■ Information provided ■
_____
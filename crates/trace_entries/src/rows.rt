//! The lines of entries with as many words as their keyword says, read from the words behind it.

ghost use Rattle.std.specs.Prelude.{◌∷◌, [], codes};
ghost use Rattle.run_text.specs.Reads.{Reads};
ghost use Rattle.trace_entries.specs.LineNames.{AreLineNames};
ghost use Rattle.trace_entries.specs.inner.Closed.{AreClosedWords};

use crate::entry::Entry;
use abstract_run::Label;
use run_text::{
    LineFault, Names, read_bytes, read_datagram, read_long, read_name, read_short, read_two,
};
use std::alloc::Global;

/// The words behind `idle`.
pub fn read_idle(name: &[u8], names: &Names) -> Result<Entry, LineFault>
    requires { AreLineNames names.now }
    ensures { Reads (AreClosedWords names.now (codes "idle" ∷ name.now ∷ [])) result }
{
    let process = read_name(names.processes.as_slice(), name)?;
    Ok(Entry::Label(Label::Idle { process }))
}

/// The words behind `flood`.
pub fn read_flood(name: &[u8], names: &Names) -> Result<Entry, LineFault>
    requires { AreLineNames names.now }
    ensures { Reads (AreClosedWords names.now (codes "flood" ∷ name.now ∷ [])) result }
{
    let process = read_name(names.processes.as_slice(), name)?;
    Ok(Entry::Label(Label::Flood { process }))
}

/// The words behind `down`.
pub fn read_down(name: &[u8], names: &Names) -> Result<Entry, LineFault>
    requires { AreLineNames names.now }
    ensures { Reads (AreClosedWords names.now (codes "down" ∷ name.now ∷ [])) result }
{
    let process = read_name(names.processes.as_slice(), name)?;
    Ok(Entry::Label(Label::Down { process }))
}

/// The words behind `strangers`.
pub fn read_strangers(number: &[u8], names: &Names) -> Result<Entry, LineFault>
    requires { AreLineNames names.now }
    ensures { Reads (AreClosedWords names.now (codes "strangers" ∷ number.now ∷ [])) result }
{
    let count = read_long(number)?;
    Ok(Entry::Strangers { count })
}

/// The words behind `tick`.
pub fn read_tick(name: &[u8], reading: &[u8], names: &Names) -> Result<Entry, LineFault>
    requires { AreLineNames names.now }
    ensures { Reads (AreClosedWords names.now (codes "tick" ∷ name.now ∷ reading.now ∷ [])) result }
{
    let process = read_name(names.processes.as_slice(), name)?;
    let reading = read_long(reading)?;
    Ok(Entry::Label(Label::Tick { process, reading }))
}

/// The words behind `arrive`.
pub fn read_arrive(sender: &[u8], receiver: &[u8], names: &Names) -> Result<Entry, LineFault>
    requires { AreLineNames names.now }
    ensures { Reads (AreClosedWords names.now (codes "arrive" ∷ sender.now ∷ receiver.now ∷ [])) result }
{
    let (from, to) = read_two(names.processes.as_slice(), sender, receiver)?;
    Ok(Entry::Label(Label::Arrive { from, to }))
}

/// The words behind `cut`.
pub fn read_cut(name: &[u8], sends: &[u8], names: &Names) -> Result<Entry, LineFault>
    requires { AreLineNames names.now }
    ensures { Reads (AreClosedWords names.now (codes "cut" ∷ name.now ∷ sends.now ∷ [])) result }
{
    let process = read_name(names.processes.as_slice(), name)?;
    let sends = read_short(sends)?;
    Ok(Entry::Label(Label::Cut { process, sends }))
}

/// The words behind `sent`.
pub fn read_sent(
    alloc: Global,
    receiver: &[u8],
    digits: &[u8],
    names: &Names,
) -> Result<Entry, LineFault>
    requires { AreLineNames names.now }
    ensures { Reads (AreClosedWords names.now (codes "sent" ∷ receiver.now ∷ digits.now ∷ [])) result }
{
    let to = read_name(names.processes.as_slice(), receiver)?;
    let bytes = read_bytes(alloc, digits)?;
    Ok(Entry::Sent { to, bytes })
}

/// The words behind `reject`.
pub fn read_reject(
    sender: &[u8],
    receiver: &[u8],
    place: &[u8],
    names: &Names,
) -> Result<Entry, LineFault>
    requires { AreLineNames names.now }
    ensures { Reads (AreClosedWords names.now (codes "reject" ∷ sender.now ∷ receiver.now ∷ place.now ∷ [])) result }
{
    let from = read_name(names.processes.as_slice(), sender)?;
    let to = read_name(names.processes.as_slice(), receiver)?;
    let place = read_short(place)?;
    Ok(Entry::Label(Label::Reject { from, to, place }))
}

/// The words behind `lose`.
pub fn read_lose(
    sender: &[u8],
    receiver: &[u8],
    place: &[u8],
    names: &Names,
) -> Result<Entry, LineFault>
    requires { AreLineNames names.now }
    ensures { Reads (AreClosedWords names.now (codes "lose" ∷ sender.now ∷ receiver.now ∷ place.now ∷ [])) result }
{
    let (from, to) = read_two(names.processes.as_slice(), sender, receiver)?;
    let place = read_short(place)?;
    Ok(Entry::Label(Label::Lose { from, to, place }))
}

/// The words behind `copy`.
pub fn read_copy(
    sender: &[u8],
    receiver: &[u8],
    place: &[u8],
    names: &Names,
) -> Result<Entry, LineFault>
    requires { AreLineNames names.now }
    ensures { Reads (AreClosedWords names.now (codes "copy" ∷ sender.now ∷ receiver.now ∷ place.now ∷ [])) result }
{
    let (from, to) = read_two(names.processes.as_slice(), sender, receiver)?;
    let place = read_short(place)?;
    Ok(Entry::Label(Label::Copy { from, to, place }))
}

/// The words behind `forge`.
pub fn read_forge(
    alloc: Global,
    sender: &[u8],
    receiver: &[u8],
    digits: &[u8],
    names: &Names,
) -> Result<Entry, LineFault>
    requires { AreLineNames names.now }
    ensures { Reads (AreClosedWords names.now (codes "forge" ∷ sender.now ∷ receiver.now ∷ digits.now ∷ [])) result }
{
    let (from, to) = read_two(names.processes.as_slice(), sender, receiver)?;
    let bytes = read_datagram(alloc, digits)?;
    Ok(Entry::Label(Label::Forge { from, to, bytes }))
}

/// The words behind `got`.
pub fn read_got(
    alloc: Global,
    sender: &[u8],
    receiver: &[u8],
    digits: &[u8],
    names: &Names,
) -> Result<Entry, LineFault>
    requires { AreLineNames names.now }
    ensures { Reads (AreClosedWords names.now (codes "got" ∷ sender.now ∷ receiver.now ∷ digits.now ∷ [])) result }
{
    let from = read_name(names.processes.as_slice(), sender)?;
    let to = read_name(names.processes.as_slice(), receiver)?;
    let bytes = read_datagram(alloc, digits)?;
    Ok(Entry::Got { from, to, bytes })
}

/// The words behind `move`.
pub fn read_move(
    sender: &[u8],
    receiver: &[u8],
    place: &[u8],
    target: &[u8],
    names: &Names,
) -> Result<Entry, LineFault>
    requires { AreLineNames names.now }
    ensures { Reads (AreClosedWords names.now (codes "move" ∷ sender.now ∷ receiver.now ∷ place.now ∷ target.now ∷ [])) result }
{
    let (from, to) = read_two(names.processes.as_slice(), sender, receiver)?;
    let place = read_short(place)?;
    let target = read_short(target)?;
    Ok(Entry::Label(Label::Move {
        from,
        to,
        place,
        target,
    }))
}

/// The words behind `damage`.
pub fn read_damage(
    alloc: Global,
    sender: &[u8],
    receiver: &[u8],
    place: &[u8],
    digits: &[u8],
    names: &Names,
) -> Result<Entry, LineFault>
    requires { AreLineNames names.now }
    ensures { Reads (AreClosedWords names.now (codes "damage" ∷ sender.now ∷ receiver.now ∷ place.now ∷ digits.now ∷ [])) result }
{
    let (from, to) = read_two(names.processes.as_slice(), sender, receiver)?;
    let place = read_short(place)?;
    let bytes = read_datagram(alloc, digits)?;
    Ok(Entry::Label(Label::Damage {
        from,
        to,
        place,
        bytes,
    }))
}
_____
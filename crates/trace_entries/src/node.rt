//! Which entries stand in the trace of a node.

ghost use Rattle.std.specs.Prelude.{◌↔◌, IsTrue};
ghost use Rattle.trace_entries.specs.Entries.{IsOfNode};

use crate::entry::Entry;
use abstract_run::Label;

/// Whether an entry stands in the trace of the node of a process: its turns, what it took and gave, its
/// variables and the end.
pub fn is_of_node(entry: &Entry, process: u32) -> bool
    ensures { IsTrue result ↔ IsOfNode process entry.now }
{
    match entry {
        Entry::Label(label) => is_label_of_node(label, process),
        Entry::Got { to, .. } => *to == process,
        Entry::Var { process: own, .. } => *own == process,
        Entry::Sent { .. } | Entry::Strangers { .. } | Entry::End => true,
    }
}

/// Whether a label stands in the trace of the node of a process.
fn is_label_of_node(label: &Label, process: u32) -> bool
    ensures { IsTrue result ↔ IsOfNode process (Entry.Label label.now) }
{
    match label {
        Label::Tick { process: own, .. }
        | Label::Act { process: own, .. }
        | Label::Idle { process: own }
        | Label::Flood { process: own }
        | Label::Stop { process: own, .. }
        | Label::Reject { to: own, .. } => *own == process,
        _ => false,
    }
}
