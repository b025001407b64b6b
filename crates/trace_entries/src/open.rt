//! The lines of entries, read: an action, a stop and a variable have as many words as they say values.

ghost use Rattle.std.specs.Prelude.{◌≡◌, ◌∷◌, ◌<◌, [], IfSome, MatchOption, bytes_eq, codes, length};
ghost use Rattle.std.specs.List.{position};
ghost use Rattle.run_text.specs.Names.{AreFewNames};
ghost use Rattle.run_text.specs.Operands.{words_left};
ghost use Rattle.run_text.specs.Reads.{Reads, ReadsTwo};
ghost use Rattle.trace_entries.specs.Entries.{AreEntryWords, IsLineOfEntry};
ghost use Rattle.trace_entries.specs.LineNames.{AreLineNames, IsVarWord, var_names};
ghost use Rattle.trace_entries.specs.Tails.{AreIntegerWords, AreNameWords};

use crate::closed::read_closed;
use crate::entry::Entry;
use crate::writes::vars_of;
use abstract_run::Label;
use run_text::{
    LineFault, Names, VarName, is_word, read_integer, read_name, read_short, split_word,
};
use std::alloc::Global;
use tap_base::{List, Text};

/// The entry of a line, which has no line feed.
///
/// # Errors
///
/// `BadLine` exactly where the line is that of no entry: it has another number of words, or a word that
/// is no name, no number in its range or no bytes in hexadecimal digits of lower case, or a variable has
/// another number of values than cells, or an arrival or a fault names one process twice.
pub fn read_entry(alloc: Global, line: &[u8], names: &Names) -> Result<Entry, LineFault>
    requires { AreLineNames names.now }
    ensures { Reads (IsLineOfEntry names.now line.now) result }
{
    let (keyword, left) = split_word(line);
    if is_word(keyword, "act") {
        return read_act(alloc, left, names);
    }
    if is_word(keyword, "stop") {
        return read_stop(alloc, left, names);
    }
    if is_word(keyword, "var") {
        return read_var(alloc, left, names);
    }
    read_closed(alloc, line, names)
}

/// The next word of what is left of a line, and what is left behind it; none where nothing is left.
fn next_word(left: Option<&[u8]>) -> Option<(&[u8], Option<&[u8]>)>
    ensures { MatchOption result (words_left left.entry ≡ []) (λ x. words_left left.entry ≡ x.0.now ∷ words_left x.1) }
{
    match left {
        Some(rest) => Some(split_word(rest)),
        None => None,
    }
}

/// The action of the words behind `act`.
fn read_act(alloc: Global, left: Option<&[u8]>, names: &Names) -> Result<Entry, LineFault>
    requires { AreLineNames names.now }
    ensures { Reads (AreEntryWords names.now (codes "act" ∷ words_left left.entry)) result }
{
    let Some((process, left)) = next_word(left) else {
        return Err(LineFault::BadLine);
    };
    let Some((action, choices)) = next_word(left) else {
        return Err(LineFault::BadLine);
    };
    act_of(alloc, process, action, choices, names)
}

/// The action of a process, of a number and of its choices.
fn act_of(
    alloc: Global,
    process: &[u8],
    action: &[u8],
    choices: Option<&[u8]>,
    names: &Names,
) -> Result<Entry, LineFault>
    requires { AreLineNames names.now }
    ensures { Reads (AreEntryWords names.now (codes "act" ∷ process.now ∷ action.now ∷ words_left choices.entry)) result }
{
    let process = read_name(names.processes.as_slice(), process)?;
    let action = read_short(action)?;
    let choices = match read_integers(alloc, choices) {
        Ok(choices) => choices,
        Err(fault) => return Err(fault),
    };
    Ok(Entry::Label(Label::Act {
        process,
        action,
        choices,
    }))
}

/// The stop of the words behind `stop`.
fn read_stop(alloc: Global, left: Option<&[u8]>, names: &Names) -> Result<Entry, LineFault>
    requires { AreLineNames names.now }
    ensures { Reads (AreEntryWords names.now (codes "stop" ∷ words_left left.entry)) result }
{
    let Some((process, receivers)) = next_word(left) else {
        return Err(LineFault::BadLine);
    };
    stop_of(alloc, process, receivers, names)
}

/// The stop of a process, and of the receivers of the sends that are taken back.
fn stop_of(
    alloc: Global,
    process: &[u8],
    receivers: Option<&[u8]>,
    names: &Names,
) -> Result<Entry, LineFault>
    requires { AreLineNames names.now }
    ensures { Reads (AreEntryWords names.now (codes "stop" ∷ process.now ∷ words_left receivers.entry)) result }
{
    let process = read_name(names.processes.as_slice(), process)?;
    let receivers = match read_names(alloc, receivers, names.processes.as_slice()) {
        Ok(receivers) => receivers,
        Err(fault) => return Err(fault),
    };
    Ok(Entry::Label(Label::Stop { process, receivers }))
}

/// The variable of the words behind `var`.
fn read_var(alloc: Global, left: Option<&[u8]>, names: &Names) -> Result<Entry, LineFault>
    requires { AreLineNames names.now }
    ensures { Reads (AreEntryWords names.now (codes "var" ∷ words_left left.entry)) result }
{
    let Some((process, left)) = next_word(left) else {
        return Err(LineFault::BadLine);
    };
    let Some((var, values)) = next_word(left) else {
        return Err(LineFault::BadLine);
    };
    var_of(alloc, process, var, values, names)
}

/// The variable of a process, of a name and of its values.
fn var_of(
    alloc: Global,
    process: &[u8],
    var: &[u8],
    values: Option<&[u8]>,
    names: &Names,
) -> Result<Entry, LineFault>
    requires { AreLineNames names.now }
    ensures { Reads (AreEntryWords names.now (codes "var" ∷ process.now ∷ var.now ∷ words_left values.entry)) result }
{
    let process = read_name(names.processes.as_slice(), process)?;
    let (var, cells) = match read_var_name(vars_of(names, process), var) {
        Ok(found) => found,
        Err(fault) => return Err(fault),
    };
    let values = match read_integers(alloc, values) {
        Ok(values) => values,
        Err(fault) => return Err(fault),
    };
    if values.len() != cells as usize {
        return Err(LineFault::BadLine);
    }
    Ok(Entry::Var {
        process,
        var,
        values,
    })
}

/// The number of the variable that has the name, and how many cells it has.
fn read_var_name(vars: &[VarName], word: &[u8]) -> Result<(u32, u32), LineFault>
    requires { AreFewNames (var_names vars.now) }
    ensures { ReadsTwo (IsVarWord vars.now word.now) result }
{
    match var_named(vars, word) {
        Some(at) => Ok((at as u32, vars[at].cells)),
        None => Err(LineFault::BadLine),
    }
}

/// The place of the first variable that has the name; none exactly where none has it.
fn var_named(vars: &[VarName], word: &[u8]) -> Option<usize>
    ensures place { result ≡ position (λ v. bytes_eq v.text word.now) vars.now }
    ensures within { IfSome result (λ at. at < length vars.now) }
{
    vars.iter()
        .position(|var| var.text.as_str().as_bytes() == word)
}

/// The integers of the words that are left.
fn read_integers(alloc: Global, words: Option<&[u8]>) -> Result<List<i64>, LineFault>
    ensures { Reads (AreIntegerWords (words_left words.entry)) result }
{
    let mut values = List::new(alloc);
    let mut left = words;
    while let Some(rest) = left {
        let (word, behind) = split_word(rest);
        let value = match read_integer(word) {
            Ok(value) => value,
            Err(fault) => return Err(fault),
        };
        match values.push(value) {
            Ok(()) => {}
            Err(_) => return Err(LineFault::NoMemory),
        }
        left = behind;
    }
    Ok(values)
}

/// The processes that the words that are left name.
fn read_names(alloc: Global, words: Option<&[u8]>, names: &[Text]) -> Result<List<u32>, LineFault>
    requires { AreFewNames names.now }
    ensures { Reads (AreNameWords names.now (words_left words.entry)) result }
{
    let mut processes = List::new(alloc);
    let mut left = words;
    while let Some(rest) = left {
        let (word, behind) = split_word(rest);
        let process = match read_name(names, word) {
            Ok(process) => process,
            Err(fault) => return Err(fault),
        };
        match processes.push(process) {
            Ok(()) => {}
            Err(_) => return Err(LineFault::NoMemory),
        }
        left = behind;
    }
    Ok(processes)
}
_____
Identify each line in the records above that contains the word "lines", and copy it out in full.

//! The lines of entries with as many words as their keyword says, read from the words behind it.
//! The lines of entries, read: an action, a stop and a variable have as many words as they say values.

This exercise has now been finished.